AIM OF THE TASK:
Of all the entries below, retype only the lines from the one with "for import in" through the one with "fn place_at(tokens: &[Token<'_>], word: Word)", exactly as they appear.

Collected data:
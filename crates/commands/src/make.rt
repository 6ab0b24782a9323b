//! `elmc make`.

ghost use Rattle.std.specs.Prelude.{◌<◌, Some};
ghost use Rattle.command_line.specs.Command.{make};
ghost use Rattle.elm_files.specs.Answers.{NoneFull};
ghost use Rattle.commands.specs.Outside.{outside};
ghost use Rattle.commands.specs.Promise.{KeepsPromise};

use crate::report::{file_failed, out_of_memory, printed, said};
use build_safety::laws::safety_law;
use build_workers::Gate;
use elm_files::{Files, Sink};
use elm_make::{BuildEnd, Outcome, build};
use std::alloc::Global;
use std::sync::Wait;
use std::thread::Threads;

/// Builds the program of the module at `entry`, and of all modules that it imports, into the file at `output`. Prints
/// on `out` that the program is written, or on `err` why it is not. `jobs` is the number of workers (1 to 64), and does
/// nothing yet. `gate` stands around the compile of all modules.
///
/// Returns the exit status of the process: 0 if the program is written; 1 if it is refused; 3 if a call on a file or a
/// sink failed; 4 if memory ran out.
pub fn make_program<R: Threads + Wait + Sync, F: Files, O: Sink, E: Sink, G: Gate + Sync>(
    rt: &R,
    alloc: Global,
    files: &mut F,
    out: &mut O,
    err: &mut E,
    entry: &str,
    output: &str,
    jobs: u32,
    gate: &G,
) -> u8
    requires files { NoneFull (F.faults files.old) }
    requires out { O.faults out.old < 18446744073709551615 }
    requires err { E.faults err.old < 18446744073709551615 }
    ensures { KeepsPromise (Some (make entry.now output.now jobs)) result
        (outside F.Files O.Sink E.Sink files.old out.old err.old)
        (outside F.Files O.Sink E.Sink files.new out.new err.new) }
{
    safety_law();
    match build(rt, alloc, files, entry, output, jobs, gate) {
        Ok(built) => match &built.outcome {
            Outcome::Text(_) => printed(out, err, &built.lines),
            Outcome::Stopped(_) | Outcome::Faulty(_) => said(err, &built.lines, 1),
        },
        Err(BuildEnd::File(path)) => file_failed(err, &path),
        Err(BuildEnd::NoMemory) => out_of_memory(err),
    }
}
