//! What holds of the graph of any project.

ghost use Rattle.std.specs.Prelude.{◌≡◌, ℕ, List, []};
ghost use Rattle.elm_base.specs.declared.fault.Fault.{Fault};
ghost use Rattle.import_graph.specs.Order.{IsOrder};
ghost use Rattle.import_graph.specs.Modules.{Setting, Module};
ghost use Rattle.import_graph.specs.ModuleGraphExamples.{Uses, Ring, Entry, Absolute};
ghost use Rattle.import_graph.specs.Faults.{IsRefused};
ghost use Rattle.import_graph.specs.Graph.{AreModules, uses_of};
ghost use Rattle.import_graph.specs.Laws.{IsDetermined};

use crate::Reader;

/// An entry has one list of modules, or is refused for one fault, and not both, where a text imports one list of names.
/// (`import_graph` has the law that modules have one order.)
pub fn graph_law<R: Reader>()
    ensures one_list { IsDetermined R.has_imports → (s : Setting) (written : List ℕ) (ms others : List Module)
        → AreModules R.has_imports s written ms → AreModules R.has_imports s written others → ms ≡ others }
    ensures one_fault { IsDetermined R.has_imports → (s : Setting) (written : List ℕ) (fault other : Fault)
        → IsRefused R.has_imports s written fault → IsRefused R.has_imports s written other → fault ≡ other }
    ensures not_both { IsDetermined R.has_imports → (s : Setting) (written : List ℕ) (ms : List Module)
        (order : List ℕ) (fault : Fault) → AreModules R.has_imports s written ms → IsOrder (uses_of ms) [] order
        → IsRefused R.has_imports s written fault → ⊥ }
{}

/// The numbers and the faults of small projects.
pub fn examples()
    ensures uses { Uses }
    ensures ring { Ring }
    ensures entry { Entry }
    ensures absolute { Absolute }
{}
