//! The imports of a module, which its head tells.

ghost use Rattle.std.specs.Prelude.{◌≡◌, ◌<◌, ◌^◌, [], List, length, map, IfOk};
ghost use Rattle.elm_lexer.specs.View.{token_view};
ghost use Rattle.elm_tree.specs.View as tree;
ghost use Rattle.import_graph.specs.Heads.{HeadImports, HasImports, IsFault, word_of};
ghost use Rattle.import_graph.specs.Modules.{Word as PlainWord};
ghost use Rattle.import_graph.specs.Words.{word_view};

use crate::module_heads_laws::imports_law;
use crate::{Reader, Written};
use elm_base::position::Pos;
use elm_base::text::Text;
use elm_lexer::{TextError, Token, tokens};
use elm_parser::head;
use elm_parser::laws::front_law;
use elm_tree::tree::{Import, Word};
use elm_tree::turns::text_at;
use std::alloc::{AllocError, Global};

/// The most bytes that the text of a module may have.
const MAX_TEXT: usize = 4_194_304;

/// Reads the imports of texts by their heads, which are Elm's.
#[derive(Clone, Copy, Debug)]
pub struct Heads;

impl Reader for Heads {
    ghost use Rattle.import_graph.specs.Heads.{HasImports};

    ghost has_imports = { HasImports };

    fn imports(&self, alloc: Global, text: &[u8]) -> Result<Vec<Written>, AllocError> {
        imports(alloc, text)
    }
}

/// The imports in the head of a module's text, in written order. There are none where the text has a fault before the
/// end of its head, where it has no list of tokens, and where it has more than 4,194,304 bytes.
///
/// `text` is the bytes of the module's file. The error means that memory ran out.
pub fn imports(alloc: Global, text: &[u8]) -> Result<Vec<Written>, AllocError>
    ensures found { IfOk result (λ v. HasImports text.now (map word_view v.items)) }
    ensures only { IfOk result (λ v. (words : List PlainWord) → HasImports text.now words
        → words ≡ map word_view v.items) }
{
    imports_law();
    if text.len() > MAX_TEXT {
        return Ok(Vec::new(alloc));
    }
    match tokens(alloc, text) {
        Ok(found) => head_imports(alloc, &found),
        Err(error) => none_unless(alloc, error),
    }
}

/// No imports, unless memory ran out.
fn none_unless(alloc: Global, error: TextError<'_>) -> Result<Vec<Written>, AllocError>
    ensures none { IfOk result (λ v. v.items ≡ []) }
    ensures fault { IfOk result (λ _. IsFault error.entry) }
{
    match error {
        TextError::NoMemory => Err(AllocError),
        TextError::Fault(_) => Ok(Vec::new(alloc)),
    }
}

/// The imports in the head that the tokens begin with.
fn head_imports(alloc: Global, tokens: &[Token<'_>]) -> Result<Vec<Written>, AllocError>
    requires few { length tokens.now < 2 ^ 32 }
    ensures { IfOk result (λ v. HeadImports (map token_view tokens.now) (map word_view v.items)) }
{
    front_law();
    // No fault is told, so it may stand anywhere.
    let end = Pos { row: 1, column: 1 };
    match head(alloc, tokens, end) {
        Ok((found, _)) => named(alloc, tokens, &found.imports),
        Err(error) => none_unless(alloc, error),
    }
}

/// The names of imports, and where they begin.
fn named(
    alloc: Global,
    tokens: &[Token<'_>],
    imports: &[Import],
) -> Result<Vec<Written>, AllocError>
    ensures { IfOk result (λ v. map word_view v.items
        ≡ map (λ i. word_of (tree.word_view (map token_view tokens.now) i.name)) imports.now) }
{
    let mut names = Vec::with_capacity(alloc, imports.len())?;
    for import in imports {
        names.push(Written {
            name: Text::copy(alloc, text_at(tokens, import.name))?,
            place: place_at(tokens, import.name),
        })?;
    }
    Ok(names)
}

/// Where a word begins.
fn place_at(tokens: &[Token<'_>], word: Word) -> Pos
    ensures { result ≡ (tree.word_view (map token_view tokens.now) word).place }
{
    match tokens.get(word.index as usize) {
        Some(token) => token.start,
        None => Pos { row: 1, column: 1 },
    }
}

RESPONSE AREA:
    for import in imports {
        names.push(Written {
            name: Text::copy(alloc, text_at(tokens, import.name))?,
            place: place_at(tokens, import.name),
        })?;
    }
    Ok(names)
}

/// Where a word begins.
fn place_at(tokens: &[Token<'_>], word: Word) -> Pos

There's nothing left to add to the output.